Rhaponticum is a genus of flowering plants in the tribe Cardueae within the family Asteraceae.

Description 
Rhaponticum species are perennial herbaceous plants with simple, rarely branched stems. The leaves are simple to pinnatifid. The inflorescence is on the apex of the stem.
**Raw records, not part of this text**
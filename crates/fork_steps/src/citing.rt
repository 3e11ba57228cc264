//! What the names that a proof term cites mean.
ghost use Rattle.std.specs.Prelude.{◌≡◌, ◌++◌, [], OnOk, reverse};
ghost use Rattle.std.specs.List.{list_any};
ghost use Rattle.doc_nodes.specs.Names.{equal};
ghost use Rattle.proof_terms.specs.declared.term.Term.{fold-Term};
ghost use Rattle.isar_rules.specs.Cites.{Cited, cited, cited_layer, under, refs};

use command_steps::ref_report;
use nj_formula::Name;
use proof_terms::{Cite, Term};
use report_markup::Report;
use sqlite_items::Items;
use std::alloc::{AllocError, Global};
use std::cmp::Ordering;
use theory_ctx::{Lookup, Scope};

/// Whether both are the same name.
fn is_same(name: &Name, other: &Name) -> bool
    ensures { result ≡ equal name.now other.now }
{
    match name.as_str().cmp(other.as_str()) {
        Ordering::Equal => true,
        Ordering::Less | Ordering::Greater => false,
    }
}

/// Whether the name is one of these.
fn is_own(own: &[Name], name: &Name) -> bool
    ensures { result ≡ list_any (equal name.now) (reverse own.now) }
{
    own.iter().rev().any(|other| is_same(name, other))
}

/// Adds the report of a cited name, under the names of the term's own assumptions.
fn add_cited(
    alloc: Global,
    scope: &Scope,
    own: &[Name],
    cite: &Cite,
    reports: &mut Items<Report>,
) -> Result<(), AllocError>
    ensures { OnOk result (reports.new
        ≡ reports.old ++ cited scope.now cite.now (reverse own.now)) }
{
    let name = &cite.name;
    if is_own(own, name) {
        return reports.push(ref_report(alloc, cite.range, None, name)?);
    }
    match scope.lookup(name.as_str()) {
        Lookup::Found { theory, name, .. } => {
            reports.push(ref_report(alloc, cite.range, theory, name)?)
        }
        Lookup::Unknown | Lookup::Ambiguous { .. } => Ok(()),
    }
}

/// Adds the reports of a term. `own` are the names of the assumptions that it stands in, the
/// innermost last.
#[cycle(refs)]
fn add_refs(
    alloc: Global,
    scope: &Scope,
    own: &mut Items<Name>,
    term: &Term,
    reports: &mut Items<Report>,
) -> Result<(), AllocError>
    ensures refs { OnOk result (reports.new ≡ reports.old
        ++ fold-Term Cited (cited_layer scope.now) term.now (reverse own.old)) }
    ensures own { OnOk result (own.new ≡ own.old) }
{
    match term {
        Term::Fact(cite) => add_cited(alloc, scope, own.as_slice(), cite, reports),
        Term::ConjI(t, u) | Term::ImpE(_, t, u) | Term::NotE(_, t, u) => {
            add_refs(alloc, scope, own, t.get(), reports)?;
            add_refs(alloc, scope, own, u.get(), reports)
        }
        Term::ConjE1(_, t) | Term::ConjE2(_, t) | Term::AllE(_, _, t) | Term::AllI(_, t) => {
            add_refs(alloc, scope, own, t.get(), reports)
        }
        Term::DisjI1(t) | Term::DisjI2(t) | Term::FalseE(t) | Term::ExI(_, t) => {
            add_refs(alloc, scope, own, t.get(), reports)
        }
        Term::ImpI(x, t) | Term::NotI(x, t) => {
            add_refs_under(alloc, scope, own, x, t.get(), reports)
        }
        Term::DisjE(_, _, t, x, u, y, v) => {
            add_refs(alloc, scope, own, t.get(), reports)?;
            add_refs_under(alloc, scope, own, x, u.get(), reports)?;
            add_refs_under(alloc, scope, own, y, v.get(), reports)
        }
        Term::ExE(_, _, h, t, u) => {
            add_refs(alloc, scope, own, t.get(), reports)?;
            add_refs_under(alloc, scope, own, h, u.get(), reports)
        }
    }
}

/// Adds the reports of a part that has an assumption of its own.
#[cycle(refs)]
fn add_refs_under(
    alloc: Global,
    scope: &Scope,
    own: &mut Items<Name>,
    name: &Name,
    part: &Term,
    reports: &mut Items<Report>,
) -> Result<(), AllocError>
    ensures refs { OnOk result (reports.new ≡ reports.old
        ++ under name.now (fold-Term Cited (cited_layer scope.now) part.now) (reverse own.old)) }
    ensures own { OnOk result (own.new ≡ own.old) }
{
    own.push(name.copy(alloc)?)?;
    add_refs(alloc, scope, own, part, reports)?;
    own.pop();
    Ok(())
}

/// Adds the reports of all names that a term cites.
pub(crate) fn add_cites(
    alloc: Global,
    scope: &Scope,
    term: &Term,
    reports: &mut Items<Report>,
) -> Result<(), AllocError>
    ensures { OnOk result (reports.new ≡ reports.old ++ refs scope.now term.now) }
{
    let mut own = Items::new(alloc);
    add_refs(alloc, scope, &mut own, term, reports)
}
The fruit is an achene with a hairy pappus.

Systematics

Species 
The genus comprises the following species.
 Rhaponticum acaule (L.) DC. - Morocco, Algeria, Tunisia, Libya
 Rhaponticum aulieatense Iljin - Kazakhstan, Uzbekistan, Tajikistan, Kyrgyzstan
 Rhaponticum australe (Gaudich.) - Austral cornflower, native thistle - Queensland, Victoria
 Rhaponticum berardioides (Batt.) Dobignard  - Morocco
 Rhaponticum canariense DC. - Canary Islands
 Rhaponticum carthamoides (Willd.) Iljin - maral root - Kazakhstan, Mongolia, Xinjiang, Russia (Altai Krai, Chita, Irkutsk)
 Rhaponticum centauroides (L.) O.Bolòs - France, Spain
 Rhaponticum coniferum (L.) Greuter - Spain, Portugal, France, Italy, Algeria, Morocco, Tunisia
 Rhaponticum cossonianum (Ball) Greuter - Morocco
 Rhaponticum exaltatum (Willk.) Greuter - Spain, Portugal, Morocco
 Rhaponticum heleniifolium Godr. & Gren. - Austria, Switzerland, France, Italy
 Rhaponticum hierroi (Eren.) Kangay - Turkey
 Rhaponticum insigne (Boiss.) Wagenitz - Iran, Turkey
 Rhaponticum integrifolium C.Winkl. - Kazakhstan, Uzbekistan, Tajikistan, Kyrgyzstan
 Rhaponticum karatavicum Iljin - Uzbekistan, Tajikistan, Kyrgyzstan
 Rhaponticum longifolium (Hoffmanns. & Link) Dittrich - Morocco
 Rhaponticum lyratum C.Winkl. ex Iljin - Kazakhstan, Uzbekistan, Tajikistan, Kyrgyzstan
 Rhaponticum namanganicum Iljin - Kazakhstan, Uzbekistan, Tajikistan, Kyrgyzstan
 Rhaponticum nanum Lipsky - Kazakhstan, Uzbekistan, Tajikistan, Kyrgyzstan, Afghanistan
 Rhaponticum nitidum Fisch. - Kazakhstan, Uzbekistan, Altai Krai
 Rhaponticum orientale (Serg.)  Peshkova
 Rhaponticum pulchrum Fisch. & C.A.Mey. - Azerbaijan, Republic of Georgia, Iran, Afghanistan
 Rhaponticum repens  (L.) Hidalgo - Russian knapweed, creeping knapweed, hardheads, blueweed - Central Asia; naturalized in Europe, southwest Asia, Australia, North America
 Rhaponticum scariosum Lam. - France, Italy, Switzerland, Slovenia
 Rhaponticum serratuloides (Georgi) Bobrov - Baltic States, Belarus, Ukraine, Romania, European Russia, Moldova, Altai Krai, Turkey, Kazakhstan

Formerly included 
Several species are now relegated to other genera: Centaurea, Klasea, Ochrocephala, Stemmacantha, and  Synurus.